Subject: Re: your mail
To: None <current-users@netbsd.org, netbsd-advocacy@netbsd.org>
From: Thor Lancelot Simon <tls@rek.tjls.com>
List: netbsd-advocacy
Date: 04/20/1999 02:57:24
On Mon, Apr 19, 1999 at 11:18:55PM -0700, Paul Newhouse wrote:
> Thor Lancelot Simon wrote:
> 
> >FWIW "Of course it runs NetBSD." is mine, with some help from the marketing
> >guy where I used to work, who used to do image campaigns for an ad agency.
> >I could take it or leave it, but it sure beats "Multi-platform OS", and
> >when I suggested it it was pretty popular with the other developers, so we
> >went with it.
> 
> A main line of "Of course it runs NetBSD" with a subtitle that implies (or 
> out right states) "A multi-platform OS" might work well????
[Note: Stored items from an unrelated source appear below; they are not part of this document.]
// The window that an address lies in, and the kind of a block; `screen` has the definitions.
ghost use Rattle.std.specs.Prelude.{◌≡◌};
ghost use Rattle.uf2_checks.specs.Screen.{base_of, is_lent, in_window, window_of, window_kind, own_kind, note_kind};

use crate::Lengths;
use transfer::{Head, Kind, State, Transfer};
use uf2_block::Block;

// Where a window begins, which is where its place's first byte is seen.
pub fn base(kind: Kind) -> usize
    ensures { result ≡ base_of kind }
{
    match kind {
        Kind::Flash => 0x10000000,
        Kind::MainRam => 0x20000000,
        Kind::XipRam => 0x13ffc000,
    }
}

// Is there a buffer for the kind? An empty one is none.
fn is_lent(lens: Lengths, kind: Kind) -> bool
    ensures { result ≡ is_lent lens kind }
{
    match kind {
        Kind::Flash => true,
        Kind::MainRam => lens.main != 0,
        Kind::XipRam => lens.xip != 0,
    }
}

fn in_window(lens: Lengths, kind: Kind, address: usize) -> bool
    ensures { result ≡ in_window lens kind address }
{
    let from = base(kind);
    let len = crate::extent(kind);
    let here = is_lent(lens, kind);
    here & (from <= address) & (address < from + len)
}

// The window that an address lies in, by its kind.
pub fn window_of(lens: Lengths, address: usize) -> Option<Kind>
    ensures { result ≡ window_of lens address }
{
    if in_window(lens, Kind::Flash, address) {
        return Some(Kind::Flash);
    }
    if in_window(lens, Kind::MainRam, address) {
        return Some(Kind::MainRam);
    }
    if in_window(lens, Kind::XipRam, address) {
        return Some(Kind::XipRam);
    }
    None
}

// The kind of a data block, and of one in no window.
pub fn window_kind(window: Option<Kind>) -> Kind
    ensures { result ≡ window_kind window }
{
    window.unwrap_or(Kind::Flash)
}

// The kind of a comment while a transfer runs: the transfer's, where the comment is its own and the kind has a buffer.
fn own_kind(lens: Lengths, head: Head, family: u32, total: u32) -> Kind
    ensures { result ≡ own_kind lens head family total }
{
    let kind = head.kind;
    let lent = is_lent(lens, kind);
    if (head.family == family) & (head.total == total) & lent {
        return kind;
    }
    Kind::Flash
}

// The kind of a comment.
#[tactic(auto, unfolding(crate::specs::Screen::note_kind))]
pub fn note_kind(lens: Lengths, transfer: Transfer, b: Block) -> Kind
    ensures { result ≡ note_kind lens transfer.state b }
{
    let state = transfer.state;
    match state {
        State::Running(run) => own_kind(lens, run.head, b.family, b.total),
        State::Idle | State::Done(_) => Kind::Flash,
    }
}
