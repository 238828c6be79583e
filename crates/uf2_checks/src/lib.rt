// What the screening of an arrival speaks of: windows and their bytes, what the settings say of a family, and a block that passes.
#![tactic(auto)]

pub mod block_checks;
pub mod block_kind;
pub mod comments;
pub mod family;
pub mod numbers;

ghost use Rattle.std.specs.Prelude.{◌≡◌};
ghost use Rattle.uf2_checks.specs.Screen.{extent_of};

use memory::flash::Flash;
use placement::Place;
use transfer::{Head, Kind};

// The lengths of the lent flash, main RAM and XIP RAM.
#[derive(Clone, Copy)]
pub struct Lengths {
    pub flash: usize,
    pub main: usize,
    pub xip: usize,
}

// What the settings say of a family: its place in the flash, and whether it may go to RAM.
#[derive(Clone, Copy)]
pub struct Rooms {
    pub flash: Option<Place>,
    pub ram: bool,
}

impl Lengths {
    // The bytes of main RAM and of XIP RAM.
    pub const MAIN_RAM: usize = 532480;

    pub const XIP_RAM: usize = 16384;
}

// What a block holds: a page, with its storage address, or a comment, which has none.
// Kept, no plainer: a comment is no page that is missing, as None would say.
#[derive(Clone, Copy)]
pub enum Body {
    Page(usize),
    Note,
}

// A block that passes: its head, its number, and what it holds.
#[derive(Clone, Copy)]
pub struct PlacedBlock {
    pub head: Head,
    pub number: u32,
    pub body: Body,
}

// The bytes of a window.
pub fn extent(kind: Kind) -> usize
    ensures { result ≡ extent_of kind }
{
    match kind {
        Kind::Flash => Flash::MAX,
        Kind::MainRam => Lengths::MAIN_RAM,
        Kind::XipRam => Lengths::XIP_RAM,
    }
}
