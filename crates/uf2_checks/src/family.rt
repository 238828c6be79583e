// Row 8: what the settings say of a family, and the place of a block by its kind.
ghost use Rattle.std.specs.Prelude.{◌≡◌};
ghost use Rattle.placement.specs.Place.{StartsLow};
ghost use Rattle.uf2_checks.specs.Screen.{rooms_of, low_place, low_rooms, room_in};

use crate::{Lengths, Rooms};
use partitions::Settings;
use placement::Place;
use transfer::Kind;

// No place begins here or above.
const STARTS: usize = 0x100000000000;

// What the settings say of a family, with a flash of so many bytes.
pub fn rooms_for(settings: Settings, flash_len: usize, family: u32) -> Rooms
    ensures value { result ≡ rooms_of settings flash_len family }
    ensures low { StartsLow result.flash }
{
    let flash = placement::find(settings, flash_len, family);
    let ram = placement::ram::ram_family(settings, family);
    Rooms { flash, ram }
}

// A place that is handed in may begin anywhere.
fn low_place(place: Option<Place>) -> Option<Place>
    ensures value { result ≡ low_place place }
    ensures low { StartsLow result }
{
    match place {
        Some(p) if STARTS <= p.start => None,
        _ => place,
    }
}

// The place of a block of each kind.
pub fn room_in(rooms: Rooms, kind: Kind) -> Option<Place>
    ensures value { result ≡ room_in (low_rooms rooms) kind }
    ensures low { StartsLow result }
{
    let flash = rooms.flash;
    match kind {
        Kind::Flash => low_place(flash),
        Kind::MainRam => placement::whole_if(rooms.ram, Lengths::MAIN_RAM),
        Kind::XipRam => placement::whole_if(rooms.ram, Lengths::XIP_RAM),
    }
}
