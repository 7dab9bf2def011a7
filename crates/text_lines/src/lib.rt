//! Lines of text, read one at a time: their words, and numbers as words. And text, written.
#![tactic(auto)]

mod lines;
mod numbers;
mod sources;
mod words;
mod writes;

pub use lines::{LineFault, MAX_LINE_LENGTH, next_byte, next_line, without_carriage_return};
pub use numbers::{hexadecimal_of, number_of};
pub use sources::ByteSource;
pub use words::words_of;
pub use writes::write_text;
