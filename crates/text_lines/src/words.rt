//! The words of a line.
ghost use Rattle.std.specs.Prelude.{◌≡◌, IfOk, map};
ghost use Rattle.text_lines.specs.Words.{is_blank, words_of};

use std::alloc::{AllocError, Allocator};

/// The words that nearly all lines have at most. Memory for them is taken at once.
const MOST_WORDS: usize = 8;

/// Whether a byte separates words: a space or a tab.
fn is_blank(byte: u8) -> bool
    ensures { result ≡ is_blank byte }
{
    byte == b' ' || byte == b'\t'
}

/// The words of a line, from left to right.
pub fn words_of<A: Allocator>(alloc: A, line: &[u8]) -> Result<Vec<&[u8], A>, AllocError>
    ensures { IfOk result (λ words. map (λ word. word.now) words.items ≡ words_of line.now) }
{
    let mut words = Vec::new(alloc);
    words.reserve(MOST_WORDS)?;
    words.extend(
        line.split(|byte| is_blank(*byte))
            .filter(|word| !word.is_empty()),
    )?;
    Ok(words)
}
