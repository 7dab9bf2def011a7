//! Text, written.
ghost use Rattle.std.specs.Prelude.{OnErr, OnOk};
ghost use Rattle.std.specs.Io.KnownBytes.{Appends};
ghost use Rattle.text_lines.specs.Printed.{WritesFront};

use std::io::{Error, ErrorKind, Result, Write};

/// Writes all the bytes and flushes them, if there are any.
///
/// An `Err` of the writer ends it, an interrupted write too, and so does a write that takes no byte;
/// some bytes from the front on have then been written. The contract states what is written; that a
/// failed write is not tried again, and that the text is flushed, is for tests to show.
pub fn write_text<W: Write>(writer: &mut W, bytes: &[u8]) -> Result<()>
    ensures ok { OnOk result (Appends (W.contents writer.old) (W.contents writer.new) bytes.now) }
    ensures err { OnErr result
        (WritesFront (W.contents writer.old) bytes.now (W.contents writer.new)) }
{
    let mut written = 0;
    while written < bytes.len() {
        match writer.write(&bytes[written..]) {
            Ok(0) => return Err(Error::from(ErrorKind::WriteZero)),
            Ok(taken) => written += taken,
            Err(error) => return Err(error),
        }
    }
    if written == 0 {
        return Ok(());
    }
    writer.flush()
}
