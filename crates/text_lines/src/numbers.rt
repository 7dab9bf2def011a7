//! Numbers as words: `0x` and hexadecimal digits, or decimal digits.
ghost use Rattle.std.specs.Prelude.{◌≡◌, ◌≤◌};
ghost use Rattle.text_lines.specs.Numbers.{digit_of, number_of_digits, hexadecimal_of, number_of};

/// The most digits of a hexadecimal number.
const HEXADECIMAL_DIGITS: usize = 16;

/// The most digits of a decimal number.
const DECIMAL_DIGITS: usize = 20;

/// The value of a digit, of either case, below the base.
fn digit_of(base: u64, byte: u8) -> Option<u64>
    ensures { result ≡ digit_of base byte }
{
    let digit = match byte {
        b'0'..=b'9' => byte - b'0',
        b'a'..=b'f' => byte - b'a' + 10,
        b'A'..=b'F' => byte - b'A' + 10,
        _ => return None,
    };
    let digit = u64::from(digit);
    if digit < base { Some(digit) } else { None }
}

/// The number that digits write, where all bytes are digits and it is below 2^64.
fn number_of_digits(base: u64, bytes: &[u8]) -> Option<u64>
    requires { 1 ≤ base }
    ensures { result ≡ number_of_digits base bytes.now }
{
    let mut number = 0u64;
    for byte in bytes {
        let digit = digit_of(base, *byte)?;
        number = number.checked_mul(base)?.checked_add(digit)?;
    }
    Some(number)
}

/// The number of `0x` and 1 to 16 hexadecimal digits.
pub fn hexadecimal_of(word: &[u8]) -> Option<u64>
    ensures { result ≡ hexadecimal_of word.now }
{
    let digits = word.strip_prefix(b"0x")?;
    if digits.is_empty() || digits.len() > HEXADECIMAL_DIGITS {
        return None;
    }
    number_of_digits(16, digits)
}

/// The number of a word: `0x` and 1 to 16 hexadecimal digits, or 1 to 20 decimal digits with a
/// value below 2^64.
pub fn number_of(word: &[u8]) -> Option<u64>
    ensures { result ≡ number_of word.now }
{
    if word.starts_with(b"0x") {
        return hexadecimal_of(word);
    }
    if word.is_empty() || word.len() > DECIMAL_DIGITS {
        return None;
    }
    number_of_digits(10, word)
}
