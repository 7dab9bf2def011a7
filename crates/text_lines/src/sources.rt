//! Sources of bytes.
ghost use Rattle.std.specs.Prelude.{ℕ, Bool, true, false, IsTrue, List, Option, None, Some, IfOk, OnErr};
ghost use Rattle.std.specs.Io.Buffered.{reader_remaining};
ghost use Rattle.text_lines.specs.Lines.{TakesByte};

use crate::lines::next_byte;
use std::alloc::Allocator;
use std::io::{BufReader, Read, Result};

/// A source of bytes, which are taken one at a time.
pub trait ByteSource {
    // The bytes that are left, where they are known.
    ghost left: { Self → Option (List ℕ) } = { λ _. None };

    // Whether taking a byte may fail.
    ghost can_fail: { Bool } = { true };

    /// The next byte, None at the end.
    fn take_byte(&mut self) -> Result<Option<u8>>
        ensures next { IfOk result (λ next. TakesByte (left self.old) next (left self.new)) }
        ensures fails { OnErr result (IsTrue can_fail) };
}

impl<R: Read, A: Allocator> ByteSource for BufReader<R, A> {
    ghost left = { reader_remaining R.remaining };

    fn take_byte(&mut self) -> Result<Option<u8>> {
        next_byte(self)
    }
}

/// Bytes in memory, which never fail.
impl ByteSource for &[u8] {
    ghost left = { λ bytes. Some bytes.now };

    ghost can_fail = { false };

    fn take_byte(&mut self) -> Result<Option<u8>> {
        match *self {
            [] => Ok(None),
            [byte, rest @ ..] => {
                *self = rest;
                Ok(Some(*byte))
            }
        }
    }
}
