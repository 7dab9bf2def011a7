//! Lines, read one at a time.
ghost use Rattle.std.specs.Prelude.{◌≡◌, IfOk};
ghost use Rattle.std.specs.Io.BufRead.{strip_last};
ghost use Rattle.std.specs.Io.Buffered.{reader_remaining};
ghost use Rattle.text_lines.specs.Lines.{ReadsLine, TakesByte};

use crate::sources::ByteSource;
use std::alloc::Allocator;
use std::io::{self, BufRead, BufReader, Read};

/// The most bytes of a line, without its line feed.
pub const MAX_LINE_LENGTH: usize = 65_536;

/// The most bytes that are taken of a line that is too long.
const MAX_FRONT_LENGTH: usize = MAX_LINE_LENGTH + 1;

/// Why a line was not read.
#[derive(Clone, Copy, Debug, PartialEq, Eq)]
pub enum LineFault {
    Read,
    OutOfMemory,
}

/// The next byte, None at the end.
pub fn next_byte<R: Read, A: Allocator>(reader: &mut BufReader<R, A>) -> io::Result<Option<u8>>
    ensures { IfOk result
        (λ next. TakesByte (reader_remaining R.remaining reader.old) next
        (reader_remaining R.remaining reader.new)) }
{
    let next = reader.fill_buf()?.first().copied();
    if next.is_some() {
        reader.consume(1);
    }
    Ok(next)
}

/// Replaces `line` by the next line, without its line feed, and returns whether there was
/// one. Of a line that is longer than [`MAX_LINE_LENGTH`], reading stops one byte past that limit.
pub fn next_line<S: ByteSource, A: Allocator>(
    reader: &mut S,
    line: &mut Vec<u8, A>,
) -> Result<bool, LineFault>
    ensures { ReadsLine S.can_fail (S.left reader.old) result line.new.items (S.left reader.new) }
{
    line.clear();
    for _taken in 0..MAX_FRONT_LENGTH {
        match reader.take_byte() {
            Ok(None) => return Ok(!line.is_empty()),
            Ok(Some(b'\n')) => return Ok(true),
            Ok(Some(byte)) => {
                if line.push(byte).is_err() {
                    return Err(LineFault::OutOfMemory);
                }
            }
            Err(_) => return Err(LineFault::Read),
        }
    }
    Ok(true)
}

/// The line without one carriage return at its end.
pub fn without_carriage_return(line: &[u8]) -> &[u8]
    ensures { result.now ≡ strip_last 13 line.now }
{
    match line {
        [front @ .., b'\r'] => front,
        _ => line,
    }
}
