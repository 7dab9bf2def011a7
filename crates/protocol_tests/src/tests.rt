//! Drivers of several kinds.
mod drivers;
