//! Tests of drivers that are of the tests' own kinds: what they are shown, and what follows from their answers.
//! (Handles, open items and table drivers are tested in C, through the services: `tests/c`.)
#![tactic(auto)]

#[cfg(test)]
mod tests;
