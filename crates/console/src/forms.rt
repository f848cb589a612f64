// What a line asks for: its first word says which form its other fields have.
ghost use Rattle.std.specs.Prelude.{◌≡◌, Some};
ghost use Rattle.console.specs.Fields.{fields as fields_of, later};
ghost use Rattle.console.specs.Forms.{asked as asked_by, expected_text, form_of, in_form, kind_of, stands_for, understood};
ghost use Rattle.console.specs.declared.forms.Expected.TheVariants.{Date as DateForm, Init as InitForm, TakeUp as TakeUpForm, Find as FindForm, Show as ShowForm, Work as WorkForm};
ghost use Rattle.std.specs.Option.{option_map};

use crate::fields::{first_field, last_field, next_field};
use crate::numbers::number_of;
use crate::titles::{Name, name_of};
use model::NameKind;
use std::fmt;

// What is expected of a line that says nothing: the form that its first word asks for.
#[derive(Clone, Copy, PartialEq, Eq, Debug)]
pub enum Expected {
    Date,
    Init,
    TakeUp,
    Find,
    Show,
    Work,
    // one of the first words, where no form has the one that stands there. A variant and not a `None`: of every line
    // that says nothing it is told what was expected.
    Command,
}

impl Expected {
    // What to write.
    pub fn words(self) -> &'static str
        ensures { result.now ≡ expected_text self }
    {
        match self {
            Expected::Date => "date Y M D",
            Expected::Init => "init NAME D N",
            Expected::TakeUp => "takeup",
            Expected::Find => "find whole NAME LEN or find stem NAME LEN",
            Expected::Show => "show ENTRY LEN",
            Expected::Work => "work LEN",
            Expected::Command => "date, init, takeup, find, show or work",
        }
    }
}

impl fmt::Display for Expected {
    ghost output = { λ form. Some (expected_text form) };

    fn fmt<W: fmt::Write>(&self, f: &mut fmt::Formatter<W>) -> fmt::Result {
        f.write_str(self.words())
    }
}

// What a line asks for. The numbers are as they stand there, whatever a call may refuse of them.
#[derive(Clone, Copy)]
pub(crate) enum Asked<'a> {
    Date {
        year: u32,
        month: u32,
        day: u32,
    },
    Init {
        name: Name<'a>,
        directory: u32,
        blocks: u32,
    },
    TakeUp,
    Find {
        kind: NameKind,
        name: Name<'a>,
        len: u32,
    },
    Show {
        entry: u32,
        len: u32,
    },
    Work {
        len: u32,
    },
}

// The form that a line has to have, by its first word.
fn form_of(word: &[u8]) -> Expected
    ensures { result ≡ form_of word.now }
{
    match word {
        b"date" => Expected::Date,
        b"init" => Expected::Init,
        b"takeup" => Expected::TakeUp,
        b"find" => Expected::Find,
        b"show" => Expected::Show,
        b"work" => Expected::Work,
        _ => Expected::Command,
    }
}

// By which part of its name a file is to be found.
fn kind_of(word: &[u8]) -> Option<NameKind>
    ensures { result ≡ kind_of word.now }
{
    match word {
        b"whole" => Some(NameKind::Whole),
        b"stem" => Some(NameKind::Stem),
        _ => None,
    }
}

fn date_of(left: &[u8]) -> Option<Asked<'_>>
    ensures { option_map stands_for result ≡ in_form DateForm (later left.now) }
{
    let (year, left) = next_field(left)?;
    let (month, left) = next_field(left)?;
    let day = last_field(left)?;
    let year = number_of(year)?;
    let month = number_of(month)?;
    let day = number_of(day)?;
    Some(Asked::Date { year, month, day })
}

fn init_of(left: &[u8]) -> Option<Asked<'_>>
    ensures { option_map stands_for result ≡ in_form InitForm (later left.now) }
{
    let (name, left) = next_field(left)?;
    let (directory, left) = next_field(left)?;
    let blocks = last_field(left)?;
    let name = name_of(name)?;
    let directory = number_of(directory)?;
    let blocks = number_of(blocks)?;
    Some(Asked::Init {
        name,
        directory,
        blocks,
    })
}

fn take_up_of(left: &[u8]) -> Option<Asked<'_>>
    ensures { option_map stands_for result ≡ in_form TakeUpForm (later left.now) }
{
    left.is_empty().then_some(Asked::TakeUp)
}

fn find_of(left: &[u8]) -> Option<Asked<'_>>
    ensures { option_map stands_for result ≡ in_form FindForm (later left.now) }
{
    let (kind, left) = next_field(left)?;
    let (name, left) = next_field(left)?;
    let len = last_field(left)?;
    let kind = kind_of(kind)?;
    let name = name_of(name)?;
    let len = number_of(len)?;
    Some(Asked::Find { kind, name, len })
}

fn show_of(left: &[u8]) -> Option<Asked<'_>>
    ensures { option_map stands_for result ≡ in_form ShowForm (later left.now) }
{
    let (entry, left) = next_field(left)?;
    let len = last_field(left)?;
    let entry = number_of(entry)?;
    let len = number_of(len)?;
    Some(Asked::Show { entry, len })
}

fn work_of(left: &[u8]) -> Option<Asked<'_>>
    ensures { option_map stands_for result ≡ in_form WorkForm (later left.now) }
{
    let len = last_field(left)?;
    let len = number_of(len)?;
    Some(Asked::Work { len })
}

// What the fields behind the first word ask for, if they have the form. A second match beside that of `form_of`, and not
// one of both: of one match over the words, each with its way to read the fields, no proof was found.
fn in_form(form: Expected, left: &[u8]) -> Option<Asked<'_>>
    ensures { option_map stands_for result ≡ in_form form (later left.now) }
{
    match form {
        Expected::Date => date_of(left),
        Expected::Init => init_of(left),
        Expected::TakeUp => take_up_of(left),
        Expected::Find => find_of(left),
        Expected::Show => show_of(left),
        Expected::Work => work_of(left),
        Expected::Command => None,
    }
}

// What a line asks for, or the form that it should have.
pub(crate) fn read_fields(line: &[u8]) -> Result<Asked<'_>, Expected>
    ensures { understood result ≡ asked_by (fields_of line.now) }
{
    let (word, left) = first_field(line);
    let form = form_of(word);
    in_form(form, left).ok_or(form)
}
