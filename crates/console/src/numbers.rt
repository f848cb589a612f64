// Numbers in decimal.
ghost use Rattle.std.specs.Prelude.{◌≡◌};
ghost use Rattle.console.specs.Numbers.{number_of, with_digit};

// A number with one more digit behind it, where that is a digit and the number stays below 2^32.
fn with_digit(number: u32, digit: u8) -> Option<u32>
    ensures { result ≡ with_digit number digit }
{
    let digit = char::from(digit).to_digit(10)?;
    number.checked_mul(10)?.checked_add(digit)
}

// The number that a field says: one or more digits, of which the first may be zeros, and below 2^32. Not `parse`, which
// takes a `+` in front; and a loop, since of `try_fold` no proof was found that says where it gives up.
pub(crate) fn number_of(field: &[u8]) -> Option<u32>
    ensures { result ≡ number_of field.now }
{
    if field.is_empty() {
        return None;
    }
    let mut number = 0;
    for digit in field {
        number = with_digit(number, *digit)?;
    }
    Some(number)
}
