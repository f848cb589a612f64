// The fields of a line. Single spaces part them, but a space within quotes belongs to its field.
ghost use Rattle.std.specs.Prelude.{◌≡◌, ◌≢◌, ◌≤◌, false, [], ◌∷◌, length, MatchOption};
ghost use Rattle.console.specs.Fields.{ends_field, field_length, fields as fields_of, later, quoting};

fn ends_field(quoted: bool, byte: u8) -> bool
    ensures { result ≡ ends_field quoted byte }
{
    byte == b' ' && !quoted
}

// Whether what follows a byte stands within quotes.
fn still_quoted(quoted: bool, byte: u8) -> bool
    ensures { result ≡ quoting quoted byte }
{
    if byte == b'\'' { !quoted } else { quoted }
}

// How long the first field of a line is. A loop and not `position`: whether a space ends the field hangs on the quotes
// before it.
fn field_length(line: &[u8]) -> usize
    ensures within { result ≤ length line.now }
    ensures value { result ≡ field_length false line.now }
{
    let mut quoted = false;
    for (index, byte) in line.iter().enumerate() {
        if ends_field(quoted, *byte) {
            return index;
        }
        quoted = still_quoted(quoted, *byte);
    }
    line.len()
}

// The first field of a line, and what stands behind it: nothing, or a space and the other fields.
pub(crate) fn first_field(line: &[u8]) -> (&[u8], &[u8])
    ensures { result.0.now ∷ later result.1.now ≡ fields_of line.now }
{
    line.split_at(field_length(line))
}

// The next field of what stands behind one, and what stands behind that in turn, if there is one.
pub(crate) fn next_field(left: &[u8]) -> Option<(&[u8], &[u8])>
    ensures { MatchOption result (later left.now ≡ []) (λ next. later left.now ≡ next.0.now ∷ later next.1.now) }
{
    let (_, line) = left.split_first()?;
    Some(first_field(line))
}

// The field that stands behind one, if no other stands behind it in turn.
pub(crate) fn last_field(left: &[u8]) -> Option<&[u8]>
    ensures { MatchOption result (length (later left.now) ≢ 1) (λ field. later left.now ≡ field.now ∷ []) }
{
    let (field, rest) = next_field(left)?;
    rest.is_empty().then_some(field)
}
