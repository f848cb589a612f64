// Names on a line: `'text'`, or `hex:` and the digits of each byte.
ghost use Rattle.std.specs.Prelude.{◌≡◌, ◌≤◌, IfOk};
ghost use Rattle.console.specs.Titles.{all_digits, all_plain, hex_bytes, hex_digits, is_plain, name_of, name_bytes, pair_value, quoted_text, hex_value};
ghost use Rattle.std.specs.Option.{option_map};

use std::alloc::{AllocError, Global};

// A name as a line gives it: its bytes, or two hexadecimal digits for each.
#[derive(Clone, Copy)]
pub(crate) enum Name<'a> {
    Quoted(&'a [u8]),
    Hex(&'a [u8]),
}

// What may stand between quotes: a printable byte that is no quote.
fn is_plain(byte: u8) -> bool
    ensures { result ≡ is_plain byte }
{
    matches!(byte, b' '..=b'~') && byte != b'\''
}

fn all_plain(text: &[u8]) -> bool
    ensures { result ≡ all_plain text.now }
{
    text.iter().all(|byte| is_plain(*byte))
}

// The text between the quotes of a field that begins with one and ends with another.
fn quoted_text(field: &[u8]) -> Option<&[u8]>
    ensures { option_map (λ x. x.now) result ≡ quoted_text field.now }
{
    let [b'\'', text @ .., b'\''] = field else {
        return None;
    };
    all_plain(text).then_some(text)
}

fn all_digits(digits: &[u8]) -> bool
    ensures { result ≡ all_digits digits.now }
{
    digits.iter().all(u8::is_ascii_hexdigit)
}

// The digits behind `hex:`, of which there is an even number.
fn hex_digits(field: &[u8]) -> Option<&[u8]>
    ensures { option_map (λ x. x.now) result ≡ hex_digits field.now }
{
    let digits = field.strip_prefix(b"hex:")?;
    (digits.len() % 2 == 0 && all_digits(digits)).then_some(digits)
}

// The name that a field gives.
pub(crate) fn name_of<'a>(field: &'a [u8]) -> Option<Name<'a>>
    ensures { option_map name_bytes result ≡ name_of field.now }
{
    quoted_text(field)
        .map(Name::Quoted)
        .or_else(|| hex_digits(field).map(Name::Hex))
}

// What a digit stands for, and 0 for what is no digit.
fn hex_value(digit: u8) -> u8
    ensures within { result ≤ 15 }
    ensures value { result ≡ hex_value digit }
{
    // a cast and not `try_from`, which could not fail: a digit is below 16
    char::from(digit).to_digit(16).unwrap_or(0) as u8
}

// What two digits stand for.
fn pair_value(high: u8, low: u8) -> u8
    ensures { result ≡ pair_value high low }
{
    hex_value(high) * 16 + hex_value(low)
}

fn hex_bytes(heap: Global, digits: &[u8]) -> Result<Vec<u8>, AllocError>
    ensures { IfOk result (λ v. v.items ≡ hex_bytes digits.now) }
{
    let (pairs, _) = digits.as_chunks::<2>();
    pairs
        .iter()
        .map(|[high, low]| pair_value(*high, *low))
        .collect(heap)
}

// The bytes of a name.
pub(crate) fn name_bytes(heap: Global, name: Name<'_>) -> Result<Vec<u8>, AllocError>
    ensures { IfOk result (λ v. v.items ≡ name_bytes name.entry) }
{
    match name {
        Name::Quoted(text) => Vec::from_slice(heap, text),
        Name::Hex(digits) => hex_bytes(heap, digits),
    }
}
Actually, what we wanted in the logo was "Of course it runs NetBSD / the
world's most portable operating system".  But the daemon graphic is hard
to work with, and the artist never found a decent way to jam all that text
*and* the cute devil into a logo of a size we could reasonably expect anyone
to stamp on their web site or even the box for their product.

"The World's Most Portable Operating System" is, uh, just great -- if you
know what on earth that means.  Many people don't really appreciate what
"portability" is, unless you give them the little hint that it means that
they can run something that's "portable" on all those different kinds of
computers they might have around the office that Aren't PCs.  Think that's
a bit farfetched?  Look at all the people who want to run "NetBSD Linux"
on this VAXstation they just found, or that "weird" BeBox or abandoned
PowerMac...

"Multi-architecture OS" --  "what's an OS?  how many architectures does it
have?"

-- 
Thor Lancelot Simon	                                      tls@rek.tjls.com
	"And where do all these highways go, now that we are free?"